**EXERCISE DETAILS:**
Restate the whole of the data verbatim, omitting nothing.

**GIVEN DATA:**
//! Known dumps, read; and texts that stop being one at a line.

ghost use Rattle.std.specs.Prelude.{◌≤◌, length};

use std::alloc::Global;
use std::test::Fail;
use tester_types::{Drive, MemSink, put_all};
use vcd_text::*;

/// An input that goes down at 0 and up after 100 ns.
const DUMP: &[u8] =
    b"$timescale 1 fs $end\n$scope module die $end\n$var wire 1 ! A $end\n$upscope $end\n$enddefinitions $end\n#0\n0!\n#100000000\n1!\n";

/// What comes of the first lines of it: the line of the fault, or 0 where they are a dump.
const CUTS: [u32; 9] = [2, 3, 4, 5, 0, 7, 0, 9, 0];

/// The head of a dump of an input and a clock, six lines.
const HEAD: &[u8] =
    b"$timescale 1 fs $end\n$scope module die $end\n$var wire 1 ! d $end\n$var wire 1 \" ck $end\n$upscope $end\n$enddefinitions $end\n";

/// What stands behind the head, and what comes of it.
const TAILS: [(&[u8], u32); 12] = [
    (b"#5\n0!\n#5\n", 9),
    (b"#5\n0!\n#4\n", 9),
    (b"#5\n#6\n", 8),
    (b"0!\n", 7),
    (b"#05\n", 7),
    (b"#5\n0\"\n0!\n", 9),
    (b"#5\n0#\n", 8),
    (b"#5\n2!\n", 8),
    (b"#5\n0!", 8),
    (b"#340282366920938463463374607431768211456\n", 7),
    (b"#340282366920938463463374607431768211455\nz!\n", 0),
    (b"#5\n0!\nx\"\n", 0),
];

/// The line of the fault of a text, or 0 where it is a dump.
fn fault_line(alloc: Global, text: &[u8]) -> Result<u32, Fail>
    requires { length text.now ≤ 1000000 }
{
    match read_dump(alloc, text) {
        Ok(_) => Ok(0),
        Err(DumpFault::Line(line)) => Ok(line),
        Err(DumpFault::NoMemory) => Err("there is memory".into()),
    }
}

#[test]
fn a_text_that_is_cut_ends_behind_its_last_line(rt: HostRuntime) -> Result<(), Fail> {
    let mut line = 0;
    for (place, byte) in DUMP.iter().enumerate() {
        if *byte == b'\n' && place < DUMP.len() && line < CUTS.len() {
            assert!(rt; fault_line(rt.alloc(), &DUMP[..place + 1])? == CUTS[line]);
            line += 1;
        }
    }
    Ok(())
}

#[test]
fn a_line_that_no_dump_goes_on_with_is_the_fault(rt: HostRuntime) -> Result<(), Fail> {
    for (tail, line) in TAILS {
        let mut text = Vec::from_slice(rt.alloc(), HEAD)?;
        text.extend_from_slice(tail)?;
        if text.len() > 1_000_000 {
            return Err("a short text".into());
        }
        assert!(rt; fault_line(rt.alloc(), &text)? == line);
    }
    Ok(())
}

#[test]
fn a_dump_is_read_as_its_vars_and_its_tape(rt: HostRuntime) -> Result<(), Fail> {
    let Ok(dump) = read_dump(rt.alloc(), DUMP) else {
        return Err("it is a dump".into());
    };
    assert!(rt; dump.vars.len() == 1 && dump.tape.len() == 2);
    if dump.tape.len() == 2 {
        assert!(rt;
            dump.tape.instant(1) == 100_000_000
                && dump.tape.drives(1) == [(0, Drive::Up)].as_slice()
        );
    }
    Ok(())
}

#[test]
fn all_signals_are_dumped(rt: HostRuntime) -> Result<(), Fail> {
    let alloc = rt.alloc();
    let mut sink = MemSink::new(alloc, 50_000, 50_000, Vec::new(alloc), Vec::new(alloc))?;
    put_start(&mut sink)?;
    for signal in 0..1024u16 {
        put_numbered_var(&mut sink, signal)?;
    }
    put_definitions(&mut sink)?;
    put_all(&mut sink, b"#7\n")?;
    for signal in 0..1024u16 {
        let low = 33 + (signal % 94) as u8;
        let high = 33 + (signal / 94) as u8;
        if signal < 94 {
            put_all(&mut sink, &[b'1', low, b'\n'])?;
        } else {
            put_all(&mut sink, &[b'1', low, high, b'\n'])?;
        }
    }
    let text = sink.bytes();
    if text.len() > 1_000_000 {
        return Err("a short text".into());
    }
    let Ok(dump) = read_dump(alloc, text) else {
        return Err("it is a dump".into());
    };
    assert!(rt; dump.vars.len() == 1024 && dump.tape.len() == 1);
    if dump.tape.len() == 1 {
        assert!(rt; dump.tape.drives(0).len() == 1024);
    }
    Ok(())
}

**RESPONSE TO THE TASK:**
//! Known dumps, read; and texts that stop being one at a line.

ghost use Rattle.std.specs.Prelude.{◌≤◌, length};

use std::alloc::Global;
use std::test::Fail;
use tester_types::{Drive, MemSink, put_all};
use vcd_text::*;

/// An input that goes down at 0 and up after 100 ns.
const DUMP: &[u8] =
    b"$timescale 1 fs $end\n$scope module die $end\n$var wire 1 ! A $end\n$upscope $end\n$enddefinitions $end\n#0\n0!\n#100000000\n1!\n";

/// What comes of the first lines of it: the line of the fault, or 0 where they are a dump.
const CUTS: [u32; 9] = [2, 3, 4, 5, 0, 7, 0, 9, 0];

/// The head of a dump of an input and a clock, six lines.
const HEAD: &[u8] =
    b"$timescale 1 fs $end\n$scope module die $end\n$var wire 1 ! d $end\n$var wire 1 \" ck $end\n$upscope $end\n$enddefinitions $end\n";

/// What stands behind the head, and what comes of it.
const TAILS: [(&[u8], u32); 12] = [
    (b"#5\n0!\n#5\n", 9),
    (b"#5\n0!\n#4\n", 9),
    (b"#5\n#6\n", 8),
    (b"0!\n", 7),
    (b"#05\n", 7),
    (b"#5\n0\"\n0!\n", 9),
    (b"#5\n0#\n", 8),
    (b"#5\n2!\n", 8),
    (b"#5\n0!", 8),
    (b"#340282366920938463463374607431768211456\n", 7),
    (b"#340282366920938463463374607431768211455\nz!\n", 0),
    (b"#5\n0!\nx\"\n", 0),
];

/// The line of the fault of a text, or 0 where it is a dump.
fn fault_line(alloc: Global, text: &[u8]) -> Result<u32, Fail>
    requires { length text.now ≤ 1000000 }
{
    match read_dump(alloc, text) {
        Ok(_) => Ok(0),
        Err(DumpFault::Line(line)) => Ok(line),
        Err(DumpFault::NoMemory) => Err("there is memory".into()),
    }
}

#[test]
fn a_text_that_is_cut_ends_behind_its_last_line(rt: HostRuntime) -> Result<(), Fail> {
    let mut line = 0;
    for (place, byte) in DUMP.iter().enumerate() {
        if *byte == b'\n' && place < DUMP.len() && line < CUTS.len() {
            assert!(rt; fault_line(rt.alloc(), &DUMP[..place + 1])? == CUTS[line]);
            line += 1;
        }
    }
    Ok(())
}

#[test]
fn a_line_that_no_dump_goes_on_with_is_the_fault(rt: HostRuntime) -> Result<(), Fail> {
    for (tail, line) in TAILS {
        let mut text = Vec::from_slice(rt.alloc(), HEAD)?;
        text.extend_from_slice(tail)?;
        if text.len() > 1_000_000 {
            return Err("a short text".into());
        }
        assert!(rt; fault_line(rt.alloc(), &text)? == line);
    }
    Ok(())
}

#[test]
fn a_dump_is_read_as_its_vars_and_its_tape(rt: HostRuntime) -> Result<(), Fail> {
    let Ok(dump) = read_dump(rt.alloc(), DUMP) else {
        return Err("it is a dump".into());
    };
    assert!(rt; dump.vars.len() == 1 && dump.tape.len() == 2);
    if dump.tape.len() == 2 {
        assert!(rt;
            dump.tape.instant(1) == 100_000_000
                && dump.tape.drives(1) == [(0, Drive::Up)].as_slice()
        );
    }
    Ok(())
}

#[test]
fn all_signals_are_dumped(rt: HostRuntime) -> Result<(), Fail> {
    let alloc = rt.alloc();
    let mut sink = MemSink::new(alloc, 50_000, 50_000, Vec::new(alloc), Vec::new(alloc))?;
    put_start(&mut sink)?;
    for signal in 0..1024u16 {
        put_numbered_var(&mut sink, signal)?;
    }
    put_definitions(&mut sink)?;
    put_all(&mut sink, b"#7\n")?;
    for signal in 0..1024u16 {
        let low = 33 + (signal % 94) as u8;
        let high = 33 + (signal / 94) as u8;
        if signal < 94 {
            put_all(&mut sink, &[b'1', low, b'\n'])?;
        } else {
            put_all(&mut sink, &[b'1', low, high, b'\n'])?;
        }
    }
    let text = sink.bytes();
    if text.len() > 1_000_000 {
        return Err("a short text".into());
    }
    let Ok(dump) = read_dump(alloc, text) else {
        return Err("it is a dump".into());
    };
    assert!(rt; dump.vars.len() == 1024 && dump.tape.len() == 1);
    if dump.tape.len() == 1 {
        assert!(rt; dump.tape.drives(0).len() == 1024);
    }
    Ok(())
}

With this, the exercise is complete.